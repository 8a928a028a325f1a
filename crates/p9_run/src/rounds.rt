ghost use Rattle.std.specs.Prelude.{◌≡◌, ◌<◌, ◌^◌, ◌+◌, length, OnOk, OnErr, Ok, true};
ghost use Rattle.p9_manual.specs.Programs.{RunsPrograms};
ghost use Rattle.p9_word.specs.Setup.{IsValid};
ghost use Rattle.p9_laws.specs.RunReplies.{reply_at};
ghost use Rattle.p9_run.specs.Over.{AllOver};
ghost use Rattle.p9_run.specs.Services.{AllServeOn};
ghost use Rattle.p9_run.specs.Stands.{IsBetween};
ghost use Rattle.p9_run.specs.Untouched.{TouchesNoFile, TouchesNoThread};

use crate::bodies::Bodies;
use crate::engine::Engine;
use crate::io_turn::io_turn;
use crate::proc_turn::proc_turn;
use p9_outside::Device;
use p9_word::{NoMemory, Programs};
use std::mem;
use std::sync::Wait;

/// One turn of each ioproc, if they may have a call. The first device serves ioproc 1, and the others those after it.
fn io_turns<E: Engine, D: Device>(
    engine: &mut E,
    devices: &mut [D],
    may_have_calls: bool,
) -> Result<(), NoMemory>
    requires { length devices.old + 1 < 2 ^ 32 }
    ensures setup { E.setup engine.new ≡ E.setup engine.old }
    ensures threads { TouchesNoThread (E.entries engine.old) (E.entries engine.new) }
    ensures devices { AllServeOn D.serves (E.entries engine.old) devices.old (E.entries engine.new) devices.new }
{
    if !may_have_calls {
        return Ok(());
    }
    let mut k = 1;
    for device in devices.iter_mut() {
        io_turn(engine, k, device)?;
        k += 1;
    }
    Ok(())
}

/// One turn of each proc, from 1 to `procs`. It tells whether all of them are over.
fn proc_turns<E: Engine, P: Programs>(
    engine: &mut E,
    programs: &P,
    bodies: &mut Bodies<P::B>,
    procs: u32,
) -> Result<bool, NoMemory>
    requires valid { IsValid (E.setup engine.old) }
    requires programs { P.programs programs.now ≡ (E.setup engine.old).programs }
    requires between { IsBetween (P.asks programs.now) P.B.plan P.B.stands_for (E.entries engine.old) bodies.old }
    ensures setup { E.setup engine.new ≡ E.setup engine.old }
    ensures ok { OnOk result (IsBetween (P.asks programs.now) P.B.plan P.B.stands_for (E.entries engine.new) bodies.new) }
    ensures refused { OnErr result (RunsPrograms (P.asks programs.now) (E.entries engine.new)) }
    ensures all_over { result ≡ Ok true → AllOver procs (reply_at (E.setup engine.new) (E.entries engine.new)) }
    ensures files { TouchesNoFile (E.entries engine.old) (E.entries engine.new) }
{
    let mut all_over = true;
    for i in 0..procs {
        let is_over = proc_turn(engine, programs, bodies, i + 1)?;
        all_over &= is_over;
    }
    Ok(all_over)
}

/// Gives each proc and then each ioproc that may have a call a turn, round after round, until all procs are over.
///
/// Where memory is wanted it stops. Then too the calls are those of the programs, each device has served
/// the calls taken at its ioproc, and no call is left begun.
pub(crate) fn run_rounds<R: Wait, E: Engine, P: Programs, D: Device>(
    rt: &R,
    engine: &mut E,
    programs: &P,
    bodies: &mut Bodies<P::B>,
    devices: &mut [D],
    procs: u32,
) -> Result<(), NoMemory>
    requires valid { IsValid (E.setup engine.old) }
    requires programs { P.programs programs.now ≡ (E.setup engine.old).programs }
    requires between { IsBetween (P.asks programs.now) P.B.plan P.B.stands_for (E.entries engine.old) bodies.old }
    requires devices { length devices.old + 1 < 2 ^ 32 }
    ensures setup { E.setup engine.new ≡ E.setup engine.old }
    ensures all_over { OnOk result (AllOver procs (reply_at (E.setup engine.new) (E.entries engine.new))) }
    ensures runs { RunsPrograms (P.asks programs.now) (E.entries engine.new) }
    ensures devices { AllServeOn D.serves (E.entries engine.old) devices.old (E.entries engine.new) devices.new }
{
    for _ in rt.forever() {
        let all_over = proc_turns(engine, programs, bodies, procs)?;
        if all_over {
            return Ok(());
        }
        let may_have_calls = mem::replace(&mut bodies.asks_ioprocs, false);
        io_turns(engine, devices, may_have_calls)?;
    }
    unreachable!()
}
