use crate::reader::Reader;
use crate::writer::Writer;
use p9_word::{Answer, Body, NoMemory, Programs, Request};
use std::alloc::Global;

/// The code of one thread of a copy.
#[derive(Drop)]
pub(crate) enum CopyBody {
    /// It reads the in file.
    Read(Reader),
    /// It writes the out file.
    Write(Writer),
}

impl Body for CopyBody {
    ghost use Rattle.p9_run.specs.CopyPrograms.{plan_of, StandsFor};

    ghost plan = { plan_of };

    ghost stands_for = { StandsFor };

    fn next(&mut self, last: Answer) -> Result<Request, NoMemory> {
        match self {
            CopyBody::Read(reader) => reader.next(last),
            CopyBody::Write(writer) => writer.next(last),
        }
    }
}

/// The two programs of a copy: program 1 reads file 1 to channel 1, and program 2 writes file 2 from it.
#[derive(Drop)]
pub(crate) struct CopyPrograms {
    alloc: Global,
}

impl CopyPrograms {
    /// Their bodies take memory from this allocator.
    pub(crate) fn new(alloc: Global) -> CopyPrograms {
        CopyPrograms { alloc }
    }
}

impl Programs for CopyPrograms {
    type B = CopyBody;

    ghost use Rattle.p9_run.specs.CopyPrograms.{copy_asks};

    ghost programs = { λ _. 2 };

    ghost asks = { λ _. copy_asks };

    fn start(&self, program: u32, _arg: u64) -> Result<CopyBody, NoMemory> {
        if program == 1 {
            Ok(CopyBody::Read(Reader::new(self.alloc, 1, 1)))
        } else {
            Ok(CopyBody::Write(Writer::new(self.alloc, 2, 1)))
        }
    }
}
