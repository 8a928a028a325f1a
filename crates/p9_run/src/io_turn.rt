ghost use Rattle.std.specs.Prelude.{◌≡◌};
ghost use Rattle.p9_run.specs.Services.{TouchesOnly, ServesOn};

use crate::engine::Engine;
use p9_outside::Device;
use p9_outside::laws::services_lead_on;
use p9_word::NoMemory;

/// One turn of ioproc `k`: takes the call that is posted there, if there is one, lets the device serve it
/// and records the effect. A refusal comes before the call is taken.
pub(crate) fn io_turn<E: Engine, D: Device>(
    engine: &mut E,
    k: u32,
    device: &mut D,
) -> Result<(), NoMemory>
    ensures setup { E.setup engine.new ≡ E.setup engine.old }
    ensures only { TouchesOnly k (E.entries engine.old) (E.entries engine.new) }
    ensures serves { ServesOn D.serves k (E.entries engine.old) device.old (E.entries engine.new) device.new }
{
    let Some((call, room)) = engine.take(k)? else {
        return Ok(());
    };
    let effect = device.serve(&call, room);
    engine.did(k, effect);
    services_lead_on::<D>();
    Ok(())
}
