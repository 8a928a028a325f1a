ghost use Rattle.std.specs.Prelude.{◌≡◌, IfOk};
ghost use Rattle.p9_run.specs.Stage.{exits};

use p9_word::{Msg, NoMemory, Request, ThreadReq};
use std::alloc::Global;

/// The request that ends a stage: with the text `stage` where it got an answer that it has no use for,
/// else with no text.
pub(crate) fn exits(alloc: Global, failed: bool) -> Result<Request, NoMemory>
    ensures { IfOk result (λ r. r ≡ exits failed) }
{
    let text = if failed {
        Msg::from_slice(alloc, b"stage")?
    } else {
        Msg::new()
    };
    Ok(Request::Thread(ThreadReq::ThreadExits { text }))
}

> _THE TASK_
Your answer must be the line containing "The request that" through the last line above, copied exactly, with nothing added.

> _ANSWER SPACE_
/// The request that ends a stage: with the text `stage` where it got an answer that it has no use for,
/// else with no text.
pub(crate) fn exits(alloc: Global, failed: bool) -> Result<Request, NoMemory>
    ensures { IfOk result (λ r. r ≡ exits failed) }
{
    let text = if failed {
        Msg::from_slice(alloc, b"stage")?
    } else {
        Msg::new()
    };
    Ok(Request::Thread(ThreadReq::ThreadExits { text }))
}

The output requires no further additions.